Exercise prompt:
Search the lines of the records for the word "Rattle", and copy every line that has it.

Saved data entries
//! Why a text gives no library.

ghost use Rattle.std.specs.Prelude.{◌≡◌};
ghost use Rattle.eco_lef.specs.declared.fault.LefFault.TheVariants.{Memory as OutOfMemory};

use eco_common::{Memory, Name};
use eco_text::TextFault;
use std::alloc::{AllocError, AllocFailed};
use std::fmt;
use thiserror::Error;

/// The first fault of a text, with its place in bytes, or out of memory.
#[derive(Drop, Error)]
pub enum LefFault {
    /// A quoted word doesn't end.
    #[error("Text {0}")]
    Text(TextFault),
    /// The text ends within a block of this name. Outside named blocks it is the first word of the block or statement.
    #[error("Unended name={name}")]
    Unended { name: Name },
    /// A macro's name stands a second time, or a pin's name in one macro.
    #[error("TwiceNamed place={place}")]
    TwiceNamed { place: u32 },
    /// The name of the first macro for which there is no room.
    #[error("TooManyMasters place={place}")]
    TooManyMasters { place: u32 },
    /// An `ARRAY` block, which isn't read.
    #[error("ArrayBlock place={place}")]
    ArrayBlock { place: u32 },
    /// A word that can't stand there, or a number out of its range.
    #[error("BadStatement place={place}")]
    BadStatement { place: u32 },
    #[error("memory")]
    Memory,
}

impl fmt::Debug for LefFault {
    fn fmt<W: fmt::Write>(&self, f: &mut fmt::Formatter<W>) -> fmt::Result {
        fmt::Display::fmt(self, f)
    }
}

impl From<AllocError> for LefFault {
    ghost from_gives = { λ _ e. e ≡ OutOfMemory };

    fn from(_: AllocError) -> LefFault {
        LefFault::Memory
    }
}

impl<T: Drop> From<AllocFailed<T>> for LefFault {
    ghost from_gives = { λ _ e. e ≡ OutOfMemory };

    fn from(_: AllocFailed<T>) -> LefFault {
        LefFault::Memory
    }
}

impl From<Memory> for LefFault {
    ghost from_gives = { λ _ e. e ≡ OutOfMemory };

    fn from(_: Memory) -> LefFault {
        LefFault::Memory
    }
}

Completed task:
ghost use Rattle.std.specs.Prelude.{◌≡◌};
ghost use Rattle.eco_lef.specs.declared.fault.LefFault.TheVariants.{Memory as OutOfMemory};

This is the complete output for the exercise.